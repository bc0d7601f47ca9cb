//! The startup text: the sources that modules come from, and the rows of the registry.
ghost use Rattle.std.specs.Prelude.{◌≡◌, IfOk, IfErr, IfSome, Ok, option_map};
ghost use Rattle.std.specs.List.{slice_split};
ghost use Rattle.rl_names.specs.Meant.{ButForMemory};
ghost use Rattle.rl_wire.specs.Arguments.{is_line_end, line_told, TellsLine};
ghost use Rattle.rl_wire.specs.Startup.{fits_group, is_empty, is_writable, startup_text, AreWritable, IsWritable};
ghost use Rattle.rl_wire.specs.StartupReading.{rows_alone, startup_of, TextsSayStartups};

use crate::error::WireError;
use crate::read::cut_line;
use crate::read_rows::rows_in;
use crate::rows::add_rows;
use crate::sources::{add_sources, sources_in};
use rl_names::{Group, NoMemory, Row, Seq, Source, Text, Version};
use std::alloc::Global;

/// What a client starts from.
#[derive(Drop)]
pub struct Startup {
    /// Where the modules of each source are served, in byte order of the sources' names.
    pub sources: Seq<Source>,
    /// The rows of the registry.
    pub rows: Seq<Row>,
}

/// Whether a version stands exactly where the group is not private, and the number of a group of
/// its own is 2 or more.
fn fits_group(group: Group, version: &Option<Version>) -> bool
    ensures { result ≡ fits_group group version.now }
{
    match group {
        Group::Plain | Group::User => version.is_some(),
        Group::Private => version.is_none(),
        Group::Other(number) => number > 1 && version.is_some(),
    }
}

fn is_empty(skip: &Option<Text>) -> bool
    ensures { result ≡ is_empty skip.now }
{
    match skip {
        Some(skip) => skip.is_empty(),
        None => false,
    }
}

/// Whether a row may be written: it has a version exactly where it is not private, a group of its
/// own has a number from 2, its source is not named `local`, and a skip is not empty.
pub fn is_writable(row: &Row) -> bool
    ensures { result ≡ is_writable row.now }
{
    fits_group(row.group, &row.version) && row.source.as_str() != "local" && !is_empty(&row.skip)
}

/// The startup text: the line of the sources, and that of the rows.
pub fn write_startup(alloc: Global, startup: &Startup) -> Result<Text, NoMemory>
    // The names of the sources strictly increase in byte order, and each row may be written.
    requires { IsWritable startup.now }
    ensures text { IfOk result (λ t. t ≡ startup_text startup.now) }
    ensures again { IfOk result (λ t. startup_of t ≡ Ok startup.now) }
{
    let mut out = String::new(alloc);
    add_sources(alloc, &mut out, startup.sources.as_slice())?;
    out.push_str("\n")?;
    add_rows(alloc, &mut out, startup.rows.as_slice())?;
    out.push_str("\n")?;
    Ok(Text::from_string(out))
}

/// The rows whose line, with its end, the bytes are.
fn rows_alone(alloc: Global, bytes: &[u8]) -> Result<Option<Vec<Row>>, NoMemory>
    ensures value { IfOk result (λ rows. option_map (λ v. v.items) rows ≡ rows_alone (slice_split is_line_end bytes.now)) }
    ensures writable { IfOk result (λ rows. IfSome rows (λ v. AreWritable v.items)) }
{
    let Some((line, behind)) = cut_line(bytes) else {
        return Ok(None);
    };
    if !behind.is_empty() {
        return Ok(None);
    }
    rows_in(alloc, line)
}

/// The startup whose text the bytes are. A first line that is not as one is written, or that has
/// no end, is line 1; else, where the second line is not so or something stands behind it, line 2.
pub fn read_startup(alloc: Global, bytes: &[u8]) -> Result<Startup, WireError>
    ensures answer { ButForMemory line_told (λ s. startup_of bytes.now ≡ Ok s) (TellsLine (startup_of bytes.now)) result }

    // The bytes are the text of what is read, which may be written.
    ensures written { IfOk result (λ s. startup_text s ≡ bytes.now) }
    ensures writable { IfOk result IsWritable }
{
    let Some((line, rest)) = cut_line(bytes) else {
        return Err(WireError::BadLine { line: 1 });
    };
    let Some(sources) = sources_in(alloc, line)? else {
        return Err(WireError::BadLine { line: 1 });
    };
    let Some(rows) = rows_alone(alloc, rest)? else {
        return Err(WireError::BadLine { line: 2 });
    };
    Ok(Startup {
        sources: Seq::of(sources),
        rows: Seq::of(rows),
    })
}

/// A startup text says its startup, no other text says it, and of any other text the first bad line
/// is told. So each text has one startup.
pub fn startup_laws()
    ensures { TextsSayStartups }
{}
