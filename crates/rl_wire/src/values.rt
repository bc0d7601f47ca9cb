//! JSON values behind what a text holds.
ghost use Rattle.std.specs.Prelude.{◌≡◌, [], ◌∷◌, ◌++◌, OnOk, string_bytes};
ghost use Rattle.std.specs.Str.{IsUtf8};
ghost use Rattle.json.specs.Print.{print};
ghost use Rattle.serde_json.specs.Data.{string};
ghost use Rattle.rl_wire.specs.Message.{messages_value};
ghost use Rattle.rl_wire.specs.Payload.{styles_value, payload_values};
ghost use Rattle.rl_wire.specs.Line.{arguments_text, state_arguments, AreTexts};
ghost use Rattle.rl_wire.specs.Tokens.{value_tokens, values_tokens, Adds};

use json::Writer;
use rl_names::{Message, NoMemory};
use std::alloc::Global;
use std::mem;

/// A writer behind what the text holds, which is empty from then on.
pub(crate) fn take_out(alloc: Global, out: &mut String) -> Writer
    ensures before { result.before ≡ string_bytes out.old }
    ensures tokens { result.tokens ≡ [] }
    ensures utf8 { IsUtf8 result.before }
{
    let held = mem::replace(out, String::new(alloc));
    Writer::new(held.into_bytes())
}

/// What was written, as a text.
pub(crate) fn text_of(json: Writer) -> String
    requires { IsUtf8 json.before }
    ensures { string_bytes result ≡ json.before ++ print json.tokens }
{
    // SAFETY: what stood before is UTF-8, and so is what the writer wrote.
    unsafe { String::from_utf8_unchecked(json.into_inner()) }
}

/// Writes the messages as an object.
fn write_messages(json: &mut Writer, messages: &[Message]) -> Result<(), NoMemory>
    ensures adds { Adds result json.old json.new (value_tokens (messages_value messages.now)) }
    ensures texts { OnOk result (AreTexts messages.now) }
{
    json.begin_object()?;
    'messages: for message in messages {
        json.key(message.key.as_str())?;
        json.string(message.text.as_str())?;
    }
    json.end_object()?;
    Ok(())
}

/// Writes the styles as an object, which is empty where there are none.
fn write_styles(json: &mut Writer, styles: &str) -> Result<(), NoMemory>
    ensures { Adds result json.old json.new (value_tokens (styles_value styles.now)) }
{
    json.begin_object()?;
    if !styles.is_empty() {
        json.key("css")?;
        json.begin_array()?;
        json.string(styles)?;
        json.end_array()?;
    }
    json.end_object()?;
    Ok(())
}

/// Writes what a module brings.
pub(crate) fn write_payload(
    json: &mut Writer,
    script: &str,
    styles: &str,
    messages: &[Message],
) -> Result<(), NoMemory>
    ensures adds { Adds result json.old json.new
        (values_tokens (payload_values script.now styles.now messages.now)) }
    ensures texts { OnOk result (AreTexts messages.now) }
{
    json.string(script)?;
    write_styles(json, styles)?;
    write_messages(json, messages)
}

/// Adds a text as a JSON string.
pub(crate) fn add_text(alloc: Global, out: &mut String, text: &str) -> Result<(), NoMemory>
    ensures { OnOk result (string_bytes out.new ≡ string_bytes out.old ++ arguments_text (string text.now ∷ [])) }
{
    let mut json = take_out(alloc, out);
    json.string(text)?;
    *out = text_of(json);
    Ok(())
}

/// Adds the key of a module and what the module brings, with commas between them.
pub(crate) fn add_module(
    alloc: Global,
    out: &mut String,
    key: &str,
    script: &str,
    styles: &str,
    messages: &[Message],
) -> Result<(), NoMemory>
    ensures text { OnOk result (string_bytes out.new ≡ string_bytes out.old
        ++ arguments_text (string key.now ∷ payload_values script.now styles.now messages.now)) }
    ensures texts { OnOk result (AreTexts messages.now) }
{
    let mut json = take_out(alloc, out);
    json.string(key)?;
    write_payload(&mut json, script, styles, messages)?;
    *out = text_of(json);
    Ok(())
}

/// Adds an object that says this word of a name.
pub(crate) fn add_word(
    alloc: Global,
    out: &mut String,
    name: &str,
    word: &str,
) -> Result<(), NoMemory>
    ensures { OnOk result (string_bytes out.new ≡ string_bytes out.old
        ++ arguments_text (state_arguments name.now word.now)) }
{
    let mut json = take_out(alloc, out);
    json.begin_object()?;
    json.key(name)?;
    json.string(word)?;
    json.end_object()?;
    *out = text_of(json);
    Ok(())
}
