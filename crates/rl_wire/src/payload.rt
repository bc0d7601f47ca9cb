//! The text that a module's version is the hash of.
ghost use Rattle.std.specs.Prelude.{◌≡◌, IfOk, Some};
ghost use Rattle.serde_json.specs.Read.{read};
ghost use Rattle.rl_wire.specs.Message.{AreAscending};
ghost use Rattle.rl_wire.specs.Payload.{payload_text as payload_text_of, payload_values, array_of};

use crate::values::{text_of, write_payload};
use json::Writer;
use rl_names::{Message, NoMemory, Text};
use std::alloc::Global;

/// What a module brings as one JSON array: its script, its styles and its messages.
pub fn payload_text(
    alloc: Global,
    script: &str,
    styles: &str,
    messages: &[Message],
) -> Result<Text, NoMemory>
    requires { AreAscending messages.now }
    ensures text { IfOk result (λ t. t ≡ payload_text_of script.now styles.now messages.now) }

    // So two modules with one such text bring the same.
    ensures reads_back { IfOk result (λ t. read t
        ≡ Some (array_of (payload_values script.now styles.now messages.now))) }
{
    let mut json = Writer::new(Vec::with_capacity(alloc, script.len())?);
    json.begin_array()?;
    write_payload(&mut json, script, styles, messages)?;
    json.end_array()?;
    Ok(Text::from_string(text_of(json)))
}
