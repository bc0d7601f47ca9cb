//! Why bytes are no text of the wire.
use rl_names::NoMemory;
use thiserror::Error;

/// Why bytes are no answer, or no startup text.
#[derive(Clone, Copy, Debug, PartialEq, Eq, Error)]
pub enum WireError {
    /// The first line, counted from 1, that none of the texts that may be written has there.
    #[error("line {line} is not as it is written")]
    BadLine { line: u32 },
    #[error("out of memory")]
    NoMemory,
}

impl From<NoMemory> for WireError {
    ghost use Rattle.std.specs.Prelude.{◌≡◌};
    ghost use Rattle.rl_wire.specs.declared.error.WireError.TheVariants.{NoMemory};

    ghost from_gives = { λ _ e. e ≡ NoMemory };

    fn from(_error: NoMemory) -> Self {
        WireError::NoMemory
    }
}
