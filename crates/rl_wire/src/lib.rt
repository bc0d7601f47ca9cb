//! The texts of answers: what the client reads as modules and states.
#![tactic(auto)]

pub mod error;
pub mod line;
pub mod part;
pub mod payload;
pub mod read;
mod read_rows;
mod rows;
mod sources;
pub mod startup;
#[cfg(test)]
mod tests;
mod values;

pub use error::WireError;
pub use line::{push_implementation, push_payload, push_state};
pub use part::{Part, write_answer, write_part};
pub use payload::payload_text;
pub use read::{read_answer, read_part, reading_laws};
pub use rl_names::{Message, StateKind};
pub use startup::{Startup, is_writable, read_startup, startup_laws, write_startup};
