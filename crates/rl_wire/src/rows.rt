//! The second line of a startup text: the rows of the registry.
ghost use Rattle.std.specs.Prelude.{◌≡◌, ◌++◌, ◌||◌, [], OnOk, IfSome, IsTrue, IsUtf8, None, map, string_bytes, unwrap_or, is_some};
ghost use Rattle.std.specs.Prelude.{option_to_list};
ghost use Rattle.std.specs.List.{AllByRecursion};
ghost use Rattle.serde_json.specs.Data.{null, array, no_items};
ghost use Rattle.rl_names.specs.Name.{is_version};
ghost use Rattle.rl_wire.specs.Payload.{array_of};
ghost use Rattle.rl_wire.specs.Line.{arguments_text};
ghost use Rattle.rl_wire.specs.Startup.{dep_value, deps_field, group_field, source_field, skip_field, fields_of, row_value, rows_arguments, rows_text, IsDep};
ghost use Rattle.rl_wire.specs.Startup.{IsGroup, AreFields, IsRow};
ghost use Rattle.rl_wire.specs.Tokens.{value_tokens, values_tokens, field_before, Adds};

use crate::part::name_text;
use crate::values::{take_out, text_of};
use json::Writer;
use rl_names::{Dep, Group, NoMemory, Row, Text, Version};
use std::alloc::Global;

/// Writes a dependency: the number of its row, or its name.
fn write_dep(json: &mut Writer, dep: &Dep) -> Result<(), NoMemory>
    ensures adds { Adds result json.old json.new (value_tokens (dep_value dep.now)) }
    ensures dep { OnOk result (IsDep dep.now) }
{
    match dep {
        Dep::At(row) => json.u64(u64::from(*row))?,
        Dep::Named(name) => json.string(name.as_str())?,
    }
    Ok(())
}

/// Writes a list of dependencies.
fn write_list(json: &mut Writer, deps: &[Dep]) -> Result<(), NoMemory>
    ensures adds { Adds result json.old json.new (value_tokens (array_of (map dep_value deps.now))) }
    ensures deps { OnOk result (AllByRecursion IsDep deps.now) }
{
    json.begin_array()?;
    'deps: for dep in deps {
        write_dep(json, dep)?;
    }
    json.end_array()?;
    Ok(())
}

/// Writes dependencies, which are left out where there are none and nothing follows.
fn write_deps(json: &mut Writer, deps: &[Dep], follows: bool) -> Result<(), NoMemory>
    ensures adds { Adds result json.old json.new (values_tokens (field_before (array no_items) (deps_field deps.now) follows)) }
    ensures deps { OnOk result (AllByRecursion IsDep deps.now) }
{
    if deps.is_empty() && !follows {
        return Ok(());
    }
    write_list(json, deps)
}

/// Writes the number of a group. Where it has none, a blank stands for it if others follow.
fn write_group(json: &mut Writer, group: Group, follows: bool) -> Result<(), NoMemory>
    ensures adds { Adds result json.old json.new (values_tokens (field_before null (group_field group) follows)) }
    ensures group { OnOk result (IsGroup group) }
{
    match group {
        Group::Plain => write_blank(json, follows),
        Group::User => Ok(json.u64(0)?),
        Group::Private => Ok(json.u64(1)?),
        Group::Other(number) => Ok(json.u64(u64::from(number))?),
    }
}

/// Writes a source. Where it is the empty one, a blank stands for it if others follow.
fn write_source(json: &mut Writer, source: &str, follows: bool) -> Result<(), NoMemory>
    ensures { Adds result json.old json.new (values_tokens (field_before null (source_field source.now) follows)) }
{
    if source.is_empty() {
        return write_blank(json, follows);
    }
    json.string(source)?;
    Ok(())
}

/// Writes a blank, if others follow.
fn write_blank(json: &mut Writer, follows: bool) -> Result<(), NoMemory>
    ensures { Adds result json.old json.new (values_tokens (field_before null None follows)) }
{
    if follows {
        json.null()?;
    }
    Ok(())
}

/// Writes a skip, if there is one.
fn write_skip(json: &mut Writer, skip: &Option<Text>) -> Result<(), NoMemory>
    ensures adds { Adds result json.old json.new (values_tokens (option_to_list (skip_field skip.now))) }
    ensures skip { OnOk result (IfSome skip.now IsUtf8) }
{
    if let Some(skip) = skip {
        json.string(skip.as_str())?;
    }
    Ok(())
}

/// Whether a source or a skip is written.
fn has_source(row: &Row) -> bool
    ensures { result ≡ (is_some (source_field row.now.source) || is_some (skip_field row.now.skip)) }
{
    !row.source.is_empty() || row.skip.is_some()
}

/// Whether a group, a source or a skip is written.
fn has_group(row: &Row) -> bool
    ensures { result ≡ (is_some (group_field row.now.group) || (is_some (source_field row.now.source) || is_some (skip_field row.now.skip))) }
{
    match row.group {
        Group::Plain => has_source(row),
        Group::User | Group::Private | Group::Other(_) => true,
    }
}

/// Writes the fields of a row behind its version. Empty ones are left out where nothing follows.
fn write_fields(json: &mut Writer, row: &Row) -> Result<(), NoMemory>
    ensures adds { Adds result json.old json.new (values_tokens (fields_of row.now)) }
    ensures fields { OnOk result (AreFields row.now) }
{
    write_deps(json, row.deps.as_slice(), has_group(row))?;
    write_group(json, row.group, has_source(row))?;
    write_source(json, row.source.as_str(), row.skip.is_some())?;
    write_skip(json, &row.skip)
}

/// A version as it is written: the empty text where there is none.
fn version_text(version: &Option<Version>) -> &str
    ensures text { result.now ≡ unwrap_or version.now [] }
    ensures version { IfSome version.now (λ v. IsTrue (is_version v)) }
{
    match version {
        Some(version) => version.as_str(),
        None => "",
    }
}

/// Writes a row.
fn write_row(json: &mut Writer, row: &Row) -> Result<(), NoMemory>
    ensures adds { Adds result json.old json.new (value_tokens (row_value row.now)) }
    ensures row { OnOk result (IsRow row.now) }
{
    json.begin_array()?;
    json.string(name_text(&row.name))?;
    json.string(version_text(&row.version))?;
    write_fields(json, row)?;
    json.end_array()?;
    Ok(())
}

/// Writes a list of rows.
fn write_rows(json: &mut Writer, rows: &[Row]) -> Result<(), NoMemory>
    ensures adds { Adds result json.old json.new (value_tokens (array_of (map row_value rows.now))) }
    ensures rows { OnOk result (AllByRecursion IsRow rows.now) }
{
    json.begin_array()?;
    'rows: for row in rows {
        write_row(json, row)?;
    }
    json.end_array()?;
    Ok(())
}

/// Adds what the line of the rows is given.
fn add_arguments(alloc: Global, out: &mut String, rows: &[Row]) -> Result<(), NoMemory>
    ensures text { OnOk result (string_bytes out.new ≡ string_bytes out.old ++ arguments_text (rows_arguments rows.now)) }
    ensures rows { OnOk result (AllByRecursion IsRow rows.now) }
{
    let mut json = take_out(alloc, out);
    write_rows(&mut json, rows)?;
    *out = text_of(json);
    Ok(())
}

/// Adds the line of the rows, without its end.
pub(crate) fn add_rows(alloc: Global, out: &mut String, rows: &[Row]) -> Result<(), NoMemory>
    ensures text { OnOk result (string_bytes out.new ≡ string_bytes out.old ++ rows_text rows.now) }
    ensures rows { OnOk result (AllByRecursion IsRow rows.now) }
{
    out.push_str("mw.loader.register(")?;
    add_arguments(alloc, out, rows)?;
    out.push_str(");")?;
    Ok(())
}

▸ Requirement: Scan the data for lines containing "whose" and copy all of them.

▸ Your solution:
/// The rows whose line, with its end, the bytes are.
/// The startup whose text the bytes are. A first line that is not as one is written, or that has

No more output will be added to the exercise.